In a business context, there are a lot of quicksand problems related to dealing with people as employees. Misunderstandings. Do you tell her (whatever), or does it make it worse? Do you try to explain, or does that make it worse? Do you clarify an error and make it that much more glaring?

And how about the angry customer who’s actually mistaken? Say it wasn’t your software, they actually bought a pirated copy with a bad serial number that can’t be activated; but they’re mad at you, not the pirate. Do you help them out, which validates the pirate business? Or politely decline, which leaves them blaming you? Or the unanswered email that prompted the scathing review which had been sent to a bad return email address, and so, never received? Add a new comment on the review site and you only look worse.

The quicksand problems are there waiting. You just hope you recognize them when you find yourself immersed in them.
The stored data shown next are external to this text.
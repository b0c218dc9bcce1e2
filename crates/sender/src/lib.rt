// The sender: opening, two offers, and the draw.
#![tactic(auto)]

ghost use Rattle.std.specs.Prelude.{◌≡◌, ◌+◌, length};
ghost use Rattle.sender.specs.Answers.{number, given_by, done, lent};
ghost use Rattle.sender.specs.Opening.{small, opened, Sound, SoundAnswer};
ghost use Rattle.sender.specs.Offering.{ordinary_offered, low_offered};
ghost use Rattle.sender.specs.Drawing.{drew};
ghost use Rattle.sender.specs.Steps.{DrawnOver};

mod checks;
mod complete;
mod eps;
mod ordinary;
mod part;
mod reading;
pub mod words;

use queue::Ring;
use std::marker::Model;

// Document 01's numbers 1 to 5.
#[derive(Clone, Copy)]
pub enum Refusal {
    Limits,
    Content,
    Long,
    Full,
    Buffer,
}

impl From<Refusal> for u8 {
    ghost from_gives = { λ k n. n ≡ number k };

    fn from(k: Refusal) -> u8 {
        match k {
            Refusal::Limits => 1,
            Refusal::Content => 2,
            Refusal::Long => 3,
            Refusal::Full => 4,
            Refusal::Buffer => 5,
        }
    }
}

// What the opening set: P, the stream, F, and the lengths of the two queue buffers. Public as a type only: its fields are private.
#[derive(Clone, Copy)]
pub struct Setting {
    payload: usize,
    stream: usize,
    piece: usize,
    lowspace: usize,
    space: usize,
}

// The two queues, the fill bytes owed, and how many bytes at the ordinary queue's head belong to the EP under way.
#[derive(Clone, Copy)]
pub struct Sender {
    setting: Setting,
    low: Ring,
    ordinary: Ring,
    owed: usize,
    rest: usize,
}

// Every sender is sound: no function asks it. Answers say so all the same, since another crate sees the state alone.
impl Model for Sender {
    ghost use Rattle.sender.specs.State.{State};

    ghost Value = { State };

    ghost use Rattle.sender.specs.Opening.{Sound};
    ghost use Rattle.sender.specs.Fields.{state, fields};

    ghost view = { state };

    ghost invariant = { λ a. Sound (state a) };

    ghost inverse = { fields };
}

#[tactic(auto, unfolding(crate::specs::Opening::small))]
fn is_small(low: usize, ordinary: usize) -> bool
    ensures { result ≡ small low ordinary }
{
    low <= 1048576 && ordinary <= 1048576
}

// Opens a sender over two queue buffers, the low-latency one first.
pub fn open(
    tp: usize,
    stream: u8,
    piece: usize,
    low: &[u8],
    ordinary: &[u8],
) -> Result<Sender, Refusal>
    ensures result_value { given_by result ≡ opened tp stream piece (length low.now) (length ordinary.now) }
    ensures sound_answer { SoundAnswer result }
{
    if !wire::is_allowed(tp, stream, piece) || !is_small(low.len(), ordinary.len()) {
        return Err(Refusal::Limits);
    }
    let setting = Setting {
        payload: tp - 4,
        stream: stream as usize,
        piece,
        lowspace: low.len(),
        space: ordinary.len(),
    };
    let empty = Ring { head: 0, len: 0 };
    Ok(Sender {
        setting,
        low: empty,
        ordinary: empty,
        owed: 0,
        rest: 0,
    })
}

// The buffers' lengths are those of the opening.
#[tactic(auto, unfolding(crate::specs::Answers::lent))]
fn is_lent(g: Setting, low: usize, ordinary: usize) -> bool
    ensures { result ≡ lent g low ordinary }
{
    low == g.lowspace && ordinary == g.space
}

// Offers an ordinary packet: its EPs are queued, or the first refusal of 1 to 4 that holds is given.
pub fn offer_ordinary(
    s: Sender,
    low: &[u8],
    ordinary: &mut [u8],
    content: u8,
    sp: &[u8],
) -> Result<Sender, Refusal>
    ensures ordinary_after { record { given = given_by result; buffer = ordinary.new } ≡ ordinary_offered s low.now ordinary.old content sp.now }
    ensures sound_answer { SoundAnswer result }
{
    let g = s.setting;
    if !is_lent(g, low.len(), ordinary.len()) {
        return Err(Refusal::Limits);
    }
    checks::judged(content, sp, 131072, g.piece, g.space - s.ordinary.len)?;
    let t = eps::put_sp(ordinary, s.ordinary, content, sp, g.piece);
    Ok(Sender { ordinary: t, ..s })
}

// Offers a low-latency packet: one EP is queued, or the first refusal of 1 to 4 that holds is given.
pub fn offer_low(
    s: Sender,
    low: &mut [u8],
    ordinary: &[u8],
    content: u8,
    sp: &[u8],
) -> Result<Sender, Refusal>
    ensures low_after { record { given = given_by result; buffer = low.new } ≡ low_offered s low.old ordinary.now content sp.now }
    ensures sound_answer { SoundAnswer result }
{
    let g = s.setting;
    if !is_lent(g, low.len(), ordinary.len()) {
        return Err(Refusal::Limits);
    }
    // in pieces of 65,535 it is one EP
    checks::judged(content, sp, g.payload - 7, 65535, g.lowspace - s.low.len)?;
    let h = complete::short_header(content, sp.len());
    let t = eps::put_ep(low, s.low, h, sp);
    Ok(Sender { low: t, ..s })
}

// A TP of fill alone: nothing is queued, and nothing owed. Its header says that an EP begins at once.
fn only_fill(s: Sender, tp: &mut [u8]) -> Sender
    requires { (s.low.len + s.ordinary.len + s.owed ≡ 0) × (length tp.old ≡ s.setting.payload + 4) }
    ensures drawn_over { DrawnOver s (record { given = done result; buffer = tp.new }) }
    ensures sound_2 { Sound result }
{
    let owed = ordinary::fill_part(tp, 4);
    let h = wire::tp_header_of(s.setting.stream as u8, false, 0);
    queue::copy_at(tp, 0, &h);
    Sender { owed, rest: 0, ..s }
}

// Fills a TP. The header comes last, since what is behind it says what it says.
fn filled(s: Sender, low: &[u8], ordinary: &[u8], tp: &mut [u8]) -> Result<Sender, Refusal>
    requires { (length low.now ≡ s.setting.lowspace) × (length ordinary.now ≡ s.setting.space) }
    ensures tp_after { record { given = given_by result; buffer = tp.new } ≡ drew s low.now ordinary.now tp.old }
    ensures sound_answer { SoundAnswer result }
{
    let g = s.setting;
    let p = part::low_part(g.payload, low, s.low, tp)?;
    let at = p.at;
    let o = ordinary::ordinary_part(ordinary, s.ordinary, s.owed, tp, at);
    let offset = ordinary::offset_of(at - 4, s.owed + s.rest, g.payload + 4 - at);
    let h = wire::tp_header_of(g.stream as u8, 4 < at, offset);
    queue::copy_at(tp, 0, &h);
    let rest = ordinary::rest_after(ordinary, s.ordinary, s.rest, o.gone);
    Ok(Sender {
        low: p.ring,
        ordinary: o.ring,
        owed: o.owed,
        rest,
        ..s
    })
}

// Draws a TP. The queues are lent as they are, so that only the sender's rings move.
pub fn draw(s: Sender, low: &[u8], ordinary: &[u8], tp: &mut [u8]) -> Result<Sender, Refusal>
    ensures tp_after { record { given = given_by result; buffer = tp.new } ≡ drew s low.now ordinary.now tp.old }
    ensures sound_answer { SoundAnswer result }
{
    let g = s.setting;
    if !is_lent(g, low.len(), ordinary.len()) {
        return Err(Refusal::Limits);
    }
    if s.low.len + s.ordinary.len + s.owed == 0 && tp.len() == g.payload + 4 {
        return Ok(only_fill(s, tp));
    }
    filled(s, low, ordinary, tp)
}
Reflections of an Early Riser

I’ve come to love the early mornings, especially when it’s still dark, but getting light. The streets are empty, and the office is empty. The coffee tastes so good at that time that I should pronounce the "so" in this sentence using three syllables. Today I was in at 6:45, which gives me almost two hours before the office really opens up. My music is loud. My thoughts are clear.

What’s particularly soothing this morning is that yesterday I finished the last of my touches on my plan-as-you-go book. I really enjoyed the process, but now I enjoy being done. I’m remembering how good it used to feel the day after school ended for the year, when I was still in school but too young for summer jobs. That was a good feeling.  And this is a good feeling too, this morning.